Back in 1986, a debut novel titled Red Earth, White Earth was published to critical and commercial acclaim. Written by a creative writing professor in Minnesota named Will Weaver, Red Earth, White Earth was about two young friends, one white and one Chippewa, and the way they coped with the struggles of Native Americans in a largely white society.

The novel, which was made into a movie, was an impressive story. It has stayed with me to this day, thirty years later. At the time it came out, I'd written a couple of novels, both of which are still in a drawer. When I learned that Will would be teaching a week-long workshop on novel writing at the Duluth campus of the University of Minnesota, I was probably the first to sign up.

The workshop was great, and Will's insight was so helpful that I remember many of his comments to this day. He was also kind enough to give me post-workshop input on one of my manuscripts.

Not long after that workshop, Will published a short story called A Gravestone Made Of Wheat. It was the story of a young woman who emigrates from Norway to Minnesota to marry a Norwegian American farmer. I've revisited this story many times and I still think it is the single most powerful short story I've ever read. A Gravestone Made Of Wheat was also made into a movie called Sweet Land, which was also good.

Will's other novels are great, too, and one of them, Memory Boy, has even been turned into an opera! (Just try to imagine Owen McKenna and Spot-meets-Verdi - Oooh, I'm envious.)

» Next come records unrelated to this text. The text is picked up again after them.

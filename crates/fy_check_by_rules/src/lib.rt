//! Checks a journal by the definitions of the rules: each is a small function that reads it off the
//! entries before. There is no cluster. The contract is that of `fy_replay::replay`.
//!
//! - `checking`: a journal, one entry after another, each with its `Past`.
//! - `reply`: the reply to an act, a file for each group of acts: `kills` (Kill, Clog, Unclog),
//!   `teams` (Form, Replace), `records` (Begin, Deliver, Lose, Resend, Sync, CopyTo), `processes`
//!   (Up, Heal), `clock` (Tick) and `rights` (Give, Take, Protect, Unprotect).
//! - `rules`: the five rules and the verdict on an order, over `permission` and `policies`.
//! - `doing`: what an entry did.
//! - `strikes`, `writes`, `teams`, `marks`, `needs`, `network`, `clock`, `rights`: what the entries
//!   before say. What one entry did is `fy_cluster::effects`.
//! - `laws`: what is synced, by the places of entries.
//!
//! A private function that answers a `Result` fails in one way: with `AllocError`, where an
//! allocation fails for a list that it reads off.
#![tactic(auto)]

mod asked;
mod checking;
mod clock;
mod doing;
pub mod laws;
mod marks;
mod needs;
mod network;
mod past;
mod permission;
mod policies;
mod reply;
mod rights;
mod rules;
mod step;
mod strikes;
mod teams;
mod writes;

pub use checking::check;
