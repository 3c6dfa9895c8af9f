//! What the entries before say of the time, and of who is clogged.
#![tactic(auto, using(crate::proofs::Pasts::past_next, crate::proofs::Pasts::past_none))]

ghost use Rattle.std.specs.Prelude.{◌≡◌, ◌≤◌, ◌*◌, length, unwrap_or};
ghost use Rattle.fy_cluster.specs.History.{ticks, now, clog_end_by, clogged};
ghost use Rattle.fy_check_by_rules.specs.Past.{history_of};

use crate::past::Past;
use crate::step::FoundStep;
use fy_cluster::effects::{clogs, ticks, unclogs};
use fy_locality::ProcId;
use fy_net::LAST_TICK;

/// How many ticks the step let pass.
fn ticks_at(step: &FoundStep) -> u64
    ensures { result ≡ unwrap_or (ticks step.now.entry.act step.now.entry.reply) 0 }
{
    ticks(&step.entry).unwrap_or(0)
}

/// The ticks that have passed.
pub(crate) fn now(before: &Past) -> u128
    ensures now { result ≡ now (history_of before.now) }
    ensures small { result ≤ length before.now.steps.now * 18446744073709551615 }
{
    let mut now = 0u128;
    for step in before.steps {
        now += u128::from(ticks_at(step));
    }
    now
}

/// What the step, made at a time, makes of the end of its targets' clogs.
fn clog_end_by(step: &FoundStep, made: u128, until: u128) -> u128
    requires { made ≤ 340282366920938463444927863358058659840 }
    ensures { result ≡ clog_end_by step.now.entry made until }
{
    match clogs(&step.entry) {
        Some(ticks) => until.max((made + u128::from(ticks)).min(u128::from(LAST_TICK))),
        None => if unclogs(&step.entry).is_some() {
            until.min(made)
        } else {
            until
        },
    }
}

/// Whether the clogs of the process last longer than now.
pub(crate) fn clogged(before: &Past, p: ProcId) -> bool
    ensures { result ≡ clogged (history_of before.now) p.0 }
{
    let mut then = 0u128;
    let mut until = 0u128;
    for step in before.steps {
        if step.targets.contains(p) {
            until = clog_end_by(step, then, until);
        }
        then += u128::from(ticks_at(step));
    }
    then < until
}
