//! The entries before, from which the definitions of the rules are read off.
use crate::step::FoundStep;
use fy_cluster::Config;
use std::alloc::Global;

/// The past of an entry: the configuration, and the entries before with what they did. The lists
/// that are read off it are made with its allocator.
#[derive(Clone, Copy)]
pub(crate) struct Past<'a> {
    pub(crate) alloc: Global,
    pub(crate) config: &'a Config,
    pub(crate) steps: &'a [FoundStep],
}
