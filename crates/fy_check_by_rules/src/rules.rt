//! The five rules, and the verdict on an order.
ghost use Rattle.std.specs.Prelude.{◌≡◌, ◌&&◌, not, length, is_none, None, Some, option_map, IfOk, if◌then◌else◌};
ghost use Rattle.std.specs.List.{list_any, range_with_len};
ghost use Rattle.std.specs.FinSet as sets;
ghost use Rattle.fy_kinds.specs.declared.verdict.Rule.TheVariants.{NoTarget, NoGrant, Protected, TooManyDestroyed, TooFewLeft};
ghost use Rattle.fy_kinds.specs.Kinds.{Striking, Clogging, only, is_destroying, destroys_for_good, is_kill_which};
ghost use Rattle.fy_grants.specs.Least.{least_with};
ghost use Rattle.fy_grants.specs.Rights.{is_covered};
ghost use Rattle.fy_decide.specs.Verdicts.{numbers, least, is_granted_to, too_many_destroyed, too_few_left, bar, is_allowed, hardest, verdict, targets};
ghost use Rattle.fy_cluster.specs.History.{left};
ghost use Rattle.fy_cluster.specs.Rules.{is_protected};
ghost use Rattle.fy_check_by_rules.specs.Cases.{situation_of};
ghost use Rattle.fy_check_by_rules.specs.Past.{history_of};
ghost use Rattle.fy_check_by_rules.specs.Deeds.{deed_of};

use crate::asked::AskedDeed;
use crate::past::Past;
use crate::permission::is_covered;
use crate::policies::{first_satisfied, first_short};
use crate::rights::{grants, is_protected};
use crate::strikes::{destroyed, left, targets};
use fy_grants::Grant;
use fy_kinds::{HARDEST_FIRST, KillOrder, Kind, Rule, Target, Verdict};
use fy_locality::{Map, ProcId, ProcSet};
use std::alloc::AllocError;

/// Who asks, and after which entries.
#[derive(Clone, Copy)]
pub(crate) struct Case<'a> {
    pub(crate) before: &'a Past<'a>,
    /// The actor who asks.
    pub(crate) by: u32,
}

/// Whether there is a target.
fn has_target(map: &Map, targets: &ProcSet) -> bool
    ensures { result
        ≡ list_any (sets.contains targets.now) (range_with_len 0 (length map.now)) }
{
    (0..map.len()).any(|p| targets.contains(ProcId(p)))
}

/// The least target that no grant with the deed covers.
fn least_uncovered(map: &Map, own: &[Grant], asked: AskedDeed, targets: &ProcSet) -> Option<u32>
    ensures { result ≡ least_with (length map.now) (sets.contains targets.now)
        (λ p. not (is_covered map.now own.now (only (deed_of asked)) p)) }
{
    (0..map.len()).find(|p| targets.contains(ProcId(*p))
        && !is_covered(map, own, asked, ProcId(*p)))
}

/// The least target that is protected from the deed.
fn least_protected(before: &Past, asked: AskedDeed, targets: &ProcSet) -> Option<u32>
    ensures { result ≡ least_with (length before.now.config.now.processes)
        (sets.contains targets.now)
        (λ p. is_protected before.now.config.now (history_of before.now) p (deed_of asked)) }
{
    (0..before.config.map().len()).find(|p| targets.contains(ProcId(*p))
        && is_protected(before, ProcId(*p), asked))
}

/// Whether the kind is one from the ordered one down to the floor.
fn is_allowed(order: &KillOrder, kind: Kind) -> bool
    ensures { result ≡ is_allowed order.now kind }
{
    !order.floor().is_above(kind) && !kind.is_above(order.kind())
}

impl Case<'_> {
    /// The first rule: there are no targets.
    fn no_target(&self, targets: &ProcSet) -> Option<Rule>
        ensures { result ≡ (if list_any (sets.contains targets.now)
            (numbers (situation_of self.now)) then None else Some NoTarget) }
    {
        if has_target(self.before.config.map(), targets) {
            return None;
        }
        Some(Rule::NoTarget)
    }

    /// The second rule: no grant of the actor's that has the deed covers a target. The least such.
    fn no_grant(&self, asked: AskedDeed, targets: &ProcSet) -> Result<Option<Rule>, AllocError>
        ensures { IfOk result (λ rule. rule ≡ option_map NoGrant
            (least (situation_of self.now) (sets.contains targets.now)
            (λ p. not (is_granted_to (situation_of self.now) (deed_of asked) p)))) }
    {
        let own = grants(self.before, self.by)?;
        match least_uncovered(self.before.config.map(), &own, asked, targets) {
            Some(p) => Ok(Some(Rule::NoGrant { process: ProcId(p) })),
            None => Ok(None),
        }
    }

    /// The third rule: a target is protected from the deed. The least such.
    fn protected(&self, asked: AskedDeed, targets: &ProcSet) -> Option<Rule>
        ensures { result ≡ option_map Protected
            (least (situation_of self.now) (sets.contains targets.now)
            (λ p. (situation_of self.now).is_protected p (deed_of asked))) }
    {
        match least_protected(self.before, asked, targets) {
            Some(p) => Some(Rule::Protected { process: ProcId(p) }),
            None => None,
        }
    }

    /// The least policy that the destroyed with the targets satisfy.
    fn too_many(&self, targets: &ProcSet) -> Option<usize>
        ensures { result
            ≡ too_many_destroyed (situation_of self.now) (sets.contains targets.now) }
    {
        let both = destroyed(self.before).union(targets);
        first_satisfied(self.before.config, &both)
    }

    /// The fourth rule: the deed destroys, and the destroyed with the targets satisfy a policy. The
    /// least such.
    fn too_many_destroyed(&self, asked: AskedDeed, targets: &ProcSet) -> Option<Rule>
        ensures { result ≡ (if is_kill_which is_destroying (deed_of asked)
            then option_map TooManyDestroyed
            (too_many_destroyed (situation_of self.now) (sets.contains targets.now)) else None) }
    {
        if !asked.destroys() {
            return None;
        }
        match self.too_many(targets) {
            Some(policy) => Some(Rule::TooManyDestroyed { policy }),
            None => None,
        }
    }

    /// The least policy that those left without the targets are short of.
    fn too_few(&self, targets: &ProcSet) -> Option<usize>
        ensures { result ≡ too_few_left (situation_of self.now) (sets.contains targets.now) }
    {
        let rest = left(self.before).difference(targets);
        first_short(self.before.config, &rest)
    }

    /// The fifth rule: the deed destroys for good, and those left without the targets are short of
    /// a policy. The least such.
    fn too_few_left(&self, asked: AskedDeed, targets: &ProcSet) -> Option<Rule>
        ensures { result ≡ (if is_kill_which destroys_for_good (deed_of asked)
            then option_map TooFewLeft
            (too_few_left (situation_of self.now) (sets.contains targets.now)) else None) }
    {
        if !asked.destroys_for_good() {
            return None;
        }
        match self.too_few(targets) {
            Some(policy) => Some(Rule::TooFewLeft { policy }),
            None => None,
        }
    }

    /// The bar of a deed: the first of the five rules that bars it.
    fn bar(&self, asked: AskedDeed, targets: &ProcSet) -> Result<Option<Rule>, AllocError>
        ensures { IfOk result (λ rule. rule
            ≡ bar (situation_of self.now) (deed_of asked) (sets.contains targets.now)) }
    {
        if let Some(rule) = self.no_target(targets) {
            return Ok(Some(rule));
        }
        if let Some(rule) = self.no_grant(asked, targets)? {
            return Ok(Some(rule));
        }
        if let Some(rule) = self.protected(asked, targets) {
            return Ok(Some(rule));
        }
        if let Some(rule) = self.too_many_destroyed(asked, targets) {
            return Ok(Some(rule));
        }
        Ok(self.too_few_left(asked, targets))
    }

    /// Whether the kind is one from the ordered one down to the floor and has no bar.
    fn may_strike(
        &self,
        order: &KillOrder,
        kind: Kind,
        targets: &ProcSet,
    ) -> Result<bool, AllocError>
        ensures { IfOk result (λ may. may ≡ (is_allowed order.now kind && is_none
            (bar (situation_of self.now) (Striking kind) (sets.contains targets.now)))) }
    {
        let rule = self.bar(AskedDeed::Strike(kind), targets)?;
        Ok(is_allowed(order, kind) && rule.is_none())
    }

    /// The hardest kind from the ordered one down to the floor that has no bar.
    fn hardest(&self, order: &KillOrder, targets: &ProcSet) -> Result<Option<Kind>, AllocError>
        ensures { IfOk result (λ kind. kind
            ≡ hardest (situation_of self.now) order.now (sets.contains targets.now)) }
    {
        for kind in HARDEST_FIRST {
            let may = self.may_strike(order, kind, targets)?;
            if may {
                return Ok(Some(kind));
            }
        }
        Ok(None)
    }

    /// The verdict on an order: what strikes its targets, and the bar of the ordered kind.
    pub(crate) fn verdict(&self, order: &KillOrder) -> Result<Verdict, AllocError>
        ensures { IfOk result (λ found. found ≡ verdict (situation_of self.now) order.now) }
    {
        let targets = targets(self.before, &order.target());
        let struck = self.hardest(order, &targets)?;
        let rule = self.bar(AskedDeed::Strike(order.kind()), &targets)?;
        Ok(Verdict { struck, rule })
    }

    /// The bar of a clog of a target's processes, or of its end.
    pub(crate) fn clog_bar(&self, target: &Target) -> Result<Option<Rule>, AllocError>
        ensures { IfOk result (λ rule. rule ≡ bar (situation_of self.now) Clogging
            (targets (situation_of self.now).processes (situation_of self.now).left target.now)) }
    {
        let targets = targets(self.before, target);
        let rule = self.bar(AskedDeed::Clog, &targets)?;
        Ok(rule)
    }
}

I've attended multiple workshops and writing conferences over the years. The week I spent at Will's workshop is still the high point of those experiences.

Will continues to teach outside of the classroom with his blog In The Write. In it you will find helpful tips on writing, an insider's look at the business, and trenchant observations about changes in the publishing industry.

Will Weaver is a serious writer of literary fiction. As a writer of entertainment fiction, my work is substantially different. Yet, I've always considered Will one of my major influences. I still hear his sage advice, I still remember his helpful critique, and I still value his early support of my writing.

My hat's off to Will, a great novelist as well as a great writing teacher.